# Thread: Quotient ring and field of 9 elements

1. ## Quotient ring and field of 9 elements

Hi guys, I need some help with the following exercise

Consider the Guassian intergers. Let J be an ideal of Z[i]. Prove that the quotient Z[i]/J is a field of 9 elements.

J= $\J = \left\{ {a + bi \in \mathbb{Z}\left[ i \right]:\left. 3 \right|a \wedge \left. 3 \right|b} \right\}\$

I know the quotient is a field but I don´t know why is has 9 elements.

2. Originally Posted by orbit
Hi guys, I need some help with the following exercise

Consider the Guassian intergers. Let J be an ideal of Z[i]. Prove that the quotient Z[i]/J is a field of 9 elements.

J= $\J = \left\{ {a + bi \in \mathbb{Z}\left[ i \right]:\left. 3 \right|a \wedge \left. 3 \right|b} \right\}\$

I know the quotient is a field but I don´t know why is has 9 elements.

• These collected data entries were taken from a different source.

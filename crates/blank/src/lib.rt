// The start of a composition over lent bytes: background, and a zero map.
#![tactic(auto)]

ghost use Rattle.std.specs.Prelude.{◌≡◌, true, cond, ◌*◌, ◌≤◌, ◌+◌, ◌%◌, ◌/◌, leb, length, get_or};
ghost use Rattle.copies.specs.Copied.{block_size};
ghost use Rattle.blank.specs.Front.{front, Alike};
ghost use Rattle.blank.specs.Blank.{FillRoom, BackgroundFilled, Cleared};

// Whether all bytes of the pixel are its first, as they are in black, in white and in every pixel of one byte.
fn uniform(bg: &[u8]) -> bool
    requires { 1 ≤ length bg.now }
    ensures { (result ≡ true → Alike bg.now (length bg.now)) × (Alike bg.now (length bg.now) → result ≡ true) }
{
    let v = bg[0];
    bg.iter().all(|x| *x == v)
}

// The width of the next step: twice this one, while that is at most a block.
fn wider(w: usize) -> usize
    requires { w ≤ block_size }
    ensures { result ≡ cond (leb w (block_size / 2)) (w + w) w }
{
    if w <= copies::BLOCK / 2 { w + w } else { w }
}

// The first b bytes are repeated up to number end: the bytes from 0 on are copied on, twice as many each time, up to a block.
fn repeat(dst: &mut [u8], b: usize, end: usize)
    requires { (1 ≤ b) × (b ≤ block_size) × (b ≤ end) × (end ≤ length dst.old) }
    ensures { dst.new ≡ front (λ i. get_or dst.old (i % b) 0) end dst.old }
{
    let mut w = b;
    let mut k = b;
    // a while loop: a step may be twice the step before it
    while k < end {
        let n = w.min(end - k);
        let (done, rest) = dst.split_at_mut(k);
        rest[..n].copy_from_slice(&done[..n]);
        k += n;
        w = wider(w);
    }
}

// The first n pixels of b bytes become the background pixel.
pub fn fill(target: &mut [u8], n: usize, b: usize, bg: &[u8])
    requires { FillRoom target.old n b bg.now }
    ensures { BackgroundFilled target.old n b bg.now target.new }
{
    let end = n * b;
    if uniform(bg) {
        target[..end].fill(bg[0]);
    } else if n > 0 {
        target[..b].copy_from_slice(bg);
        repeat(target, b, end);
    }
}

// The bytes that hold the first n bits of the map become zero.
pub fn clear(map: &mut [u8], n: usize)
    requires { n ≤ 8 * length map.old }
    ensures { Cleared map.old n map.new }
{
    map[..n.div_ceil(8)].fill(0);
}
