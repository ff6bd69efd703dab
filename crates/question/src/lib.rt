// The types of a question and of a composer's answer. No function: the definitions are in specs/.
#![tactic(auto)]

// Whether masks count: not chosen, on, off.
#[derive(Clone, Copy, Debug, PartialEq, Eq)]
pub enum Masks {
    NotChosen,
    On,
    Off,
}

// The question but for its starts and the background: the asked pixel type, the window, and the masks choice.
#[derive(Clone, Copy)]
pub struct WindowRequest {
    pub pixel_type: u64,
    pub left: i32,
    pub top: i32,
    pub width: u64,
    pub height: u64,
    pub masks: Masks,
}

// What a composer answers of a plane that it painted: how many pixels are covered, and how many it stored.
#[derive(Clone, Copy)]
pub struct Counts {
    pub covered: u64,
    pub stored: u64,
}
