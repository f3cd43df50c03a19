// Exceptions: which are taken, and the residues that they replace.
#![tactic(auto)]

ghost use Rattle.std.specs.Prelude.{◌≡◌, true, ◌&&◌, [], ◌∷◌, ◌++◌, leb, ◌≤◌, length, take, drop};
ghost use Rattle.rules.specs.Translation.{exception_list, excepted, is_residue, are_exceptions};
ghost use Rattle.excepted.specs.Exceptions.{excepted_from, nearer, next_from};

use letters::is_residue;
use rules::{Exception, Exceptions};

// Whether an exception can be taken, wherever its codon stands.
fn is_exception(x: Exception) -> bool
    ensures { result ≡ leb 1 x.codon && is_residue x.residue }
{
    (1 <= x.codon) & is_residue(x.residue)
}

// Whether plain translation takes the exceptions.
pub fn are_exceptions(e: Exceptions) -> bool
    ensures value { result ≡ are_exceptions (exception_list e) }
    ensures few { result ≡ true → e.count ≤ 16 }
{
    if 16 < e.count {
        return false;
    }
    for k in 0..e.count {
        if !is_exception(e.all[k]) {
            return false;
        }
    }
    true
}

// Puts an exception over the residue of its codon, unless it is numbered past the whole codons.
fn put_exception(x: Exception, whole: usize, out: &mut [u8])
    requires { whole ≤ length out.old }
    ensures { out.new ≡ excepted_from (x ∷ []) 1 (take whole out.old) ++ drop whole out.old }
{
    let codon = x.codon as usize;
    if (1 <= codon) & (codon <= whole) {
        out[codon - 1] = x.residue;
    }
}

// Puts the exceptions over the residues of the whole codons, in their order.
pub fn put_exceptions(e: Exceptions, whole: usize, out: &mut [u8])
    requires count_bound { e.count ≤ 16 }
    requires whole_in_bounds { whole ≤ length out.old }
    ensures { out.new ≡ excepted_from (exception_list e) 1 (take whole out.old) ++ drop whole out.old }
{
    for k in 0..e.count {
        put_exception(e.all[k], whole, out);
    }
}

// A codon's residue with one exception.
#[tactic(auto, unfolding(rules::specs::Translation::excepted))]
fn excepted_by(x: Exception, n: usize, r: u8) -> u8
    ensures { result ≡ excepted (x ∷ []) n r }
{
    if x.codon as usize == n { x.residue } else { r }
}

// The residue of codon n: r, unless an exception replaces it, the last one counting.
pub fn excepted_at(e: Exceptions, n: usize, r: u8) -> u8
    requires { e.count ≤ 16 }
    ensures { result ≡ excepted (exception_list e) n r }
{
    let mut y = r;
    for k in 0..e.count {
        y = excepted_by(e.all[k], n, y);
    }
    y
}

// The same with one exception more.
#[tactic(auto, unfolding(crate::specs::Exceptions::nearer))]
fn nearer_by(x: Exception, n: usize, next: usize) -> usize
    ensures { result ≡ nearer x n next }
{
    let codon = x.codon as usize;
    if (n <= codon) & (codon < next) {
        codon
    } else {
        next
    }
}

// The least number from n on, and below `past`, of a codon with an exception; with none, `past`.
pub fn next_exception(e: Exceptions, n: usize, past: usize) -> usize
    requires { e.count ≤ 16 }
    ensures { result ≡ next_from (exception_list e) n past }
{
    let mut next = past;
    for k in 0..e.count {
        next = nearer_by(e.all[k], n, next);
    }
    next
}
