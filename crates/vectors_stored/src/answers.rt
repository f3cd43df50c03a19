// What is read, as text.
use rules::{Part, Refusal};
use std::io;
use std::io::{Stdout, Write};
use stored::read_stored;
use stored_fields::StoredAt;

pub fn print_number(stdout: &mut Stdout, before: &[u8], n: usize) -> io::Result<()> {
    stdout.write_all(before)?;
    write!(stdout, "{n}")
}

// A refusal, by its number.
pub fn print_refusal(stdout: &mut Stdout, refusal: Refusal) -> io::Result<()> {
    print_number(stdout, b": refused ", refusal.number())
}

fn print_part(stdout: &mut Stdout, before: &[u8], p: Part) -> io::Result<()> {
    print_number(stdout, before, p.at)?;
    print_number(stdout, b"+", p.len)
}

fn print_reference(stdout: &mut Stdout, p: StoredAt) -> io::Result<()> {
    print_number(stdout, b": cs ", p.cds.cs)?;
    print_number(stdout, b" ce ", p.cds.ce)?;
    print_number(stdout, b" table ", p.cds.table)?;
    print_part(stdout, b" letters ", p.letters)?;
    print_part(stdout, b" exceptions ", p.exceptions)?;
    if p.cds.end != 0 {
        print_number(stdout, b" end ", p.cds.end)?;
    }
    Ok(())
}

// A form of this input is shorter than its letters would have to be to go on in a second field: none is joined.
pub fn print_stored(stdout: &mut Stdout, s: &[u8]) -> io::Result<()> {
    let mut joined = [0u8; 1];
    match read_stored(s, &mut joined) {
        Ok(p) => print_reference(stdout, p),
        Err(refusal) => print_refusal(stdout, refusal),
    }
}
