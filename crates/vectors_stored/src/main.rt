// Stored references of standard input, a line each: what is read, or the refusal, or what an edit of the reference is answered. The gate runs it
// on the file stdin beside src/ and holds the file stdout to what it prints.
//
// Where these files come from: tests/stored makes the cases and, by an account of document 01 in another language (tests/account), the answers.
//
// The input is strings, each behind the two bytes of its length, high byte first: a name, the stored bytes, and an edit, or nothing.
#![tactic(auto)]

mod answers;
mod stored_edits;

ghost use Rattle.std.specs.Prelude.{◌≤◌, length, IfOk};

use answers::print_stored;
use byte_numbers::two_bytes;
use std::io;
use std::io::{Read, Stdin, Stdout, Write};
use stored_edits::print_edit;

// The longest name, stored bytes and edit, and the most cases.
const NAME_ROOM: usize = 256;

const FORM_ROOM: usize = 65536;

const EDIT_ROOM: usize = 256;

const MOST_CASES: usize = 65536;

// Reads until the buffer is full or the input ends, and returns how many bytes it put at the buffer's start.
fn read_full(stdin: &mut Stdin, space: &mut [u8]) -> io::Result<usize>
    ensures { IfOk result (λ n. n ≤ length space.new) }
{
    let mut done = 0;
    // Kept: no for, since each turn reads as much as comes.
    while done < space.len() {
        let n = stdin.read(&mut space[done..])?;
        if n == 0 {
            break;
        }
        done += n;
    }
    Ok(done)
}

// The next string, in the buffer; none where the input has ended or the buffer is too short.
fn read_string(stdin: &mut Stdin, space: &mut [u8]) -> io::Result<usize>
    ensures { IfOk result (λ n. n ≤ length space.new) }
{
    let mut head = [0u8; 2];
    if read_full(stdin, &mut head)? < 2 {
        return Ok(0);
    }
    let n = two_bytes(&head, 0);
    if space.len() < n {
        return Ok(0);
    }
    read_full(stdin, &mut space[0..n])
}

// One line; false where no name is left.
fn print_next(
    stdin: &mut Stdin,
    stdout: &mut Stdout,
    name: &mut [u8],
    form: &mut [u8],
    edit: &mut [u8],
) -> io::Result<bool> {
    let n = read_string(stdin, name)?;
    if n == 0 {
        return Ok(false);
    }
    let m = read_string(stdin, form)?;
    let k = read_string(stdin, edit)?;
    stdout.write_all(&name[0..n])?;
    if k == 0 {
        print_stored(stdout, &form[0..m])?;
    } else {
        print_edit(stdout, &form[0..m], &edit[0..k])?;
    }
    stdout.write_all(b"\n")?;
    Ok(true)
}

fn main(rt: HostRuntime) -> io::Result<()> {
    let mut stdin = rt.stdin();
    let mut stdout = rt.stdout();
    let mut name = [0u8; NAME_ROOM];
    let mut form = [0u8; FORM_ROOM];
    let mut edit = [0u8; EDIT_ROOM];
    for _ in 0..MOST_CASES {
        if !print_next(&mut stdin, &mut stdout, &mut name, &mut form, &mut edit)? {
            break;
        }
    }
    Ok(())
}
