// Refusals 3 and 5 of a reference, by its numbers alone: its bounds and its exceptions.
#![tactic(auto)]

ghost use Rattle.std.specs.Prelude.{◌≡◌, ◌&&◌, List, ℕ, leb, length};
ghost use Rattle.rules.specs.Translation.{exception_list};
ghost use Rattle.rules.specs.Reference.{fits_end, are_bounds, are_rising};
ghost use Rattle.rules.specs.Views.{bare};
ghost use Rattle.bounds.specs.Exceptions.{is_exception};

use letters::is_residue;
use rules::{Cds, Exception, Exceptions};

// Divisible by 3; for a cut codon not.
#[tactic(auto, unfolding(rules::specs::Reference::fits_end))]
fn fits_end(end: usize, n: usize) -> bool
    ensures { result ≡ fits_end end n }
{
    if end == 2 { n % 3 != 0 } else { n % 3 == 0 }
}

// 1 <= cs <= ce <= L, which is `size`; ce-cs+1 fits the end and is at least 6.
pub fn are_bounds(size: usize, c: Cds) -> bool
    ensures { (s : List ℕ) → length s ≡ size → result ≡ are_bounds (bare s c) }
{
    if (c.cs < 1) | (c.ce < c.cs) | (size < c.ce) {
        return false;
    }
    let coding = c.ce - (c.cs - 1);
    fits_end(c.end, coding) & (6 <= coding)
}

// A codon number above `last` and at most `most`, and a residue A to Z or `*`.
fn is_exception(x: Exception, last: usize, most: usize) -> bool
    ensures { result ≡ is_exception last most x }
{
    let codon = x.codon as usize;
    (last < codon) & (codon <= most) & is_residue(x.residue)
}

// At most 16, strictly rising, of `most` codons.
pub fn fit_exceptions(e: Exceptions, most: usize) -> bool
    ensures { result ≡ (leb (length (exception_list e)) 16 && are_rising 0 most (exception_list e)) }
{
    if 16 < e.count {
        return false;
    }
    let given = &e.all[..e.count];
    let mut last = 0;
    for x in given {
        if !is_exception(*x, last, most) {
            return false;
        }
        last = x.codon as usize;
    }
    true
}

Hmmm....how exactly do you know the quotient is a field?

Tonio

3. Originally Posted by tonio
Hmmm....how exactly do you know the quotient is a field?

Tonio
Because J es a maximal ideal.

4. Originally Posted by orbit
Hi guys, I need some help with the following exercise

Consider the Guassian intergers. Let J be an ideal of Z[i]. Prove that the quotient Z[i]/J is a field of 9 elements.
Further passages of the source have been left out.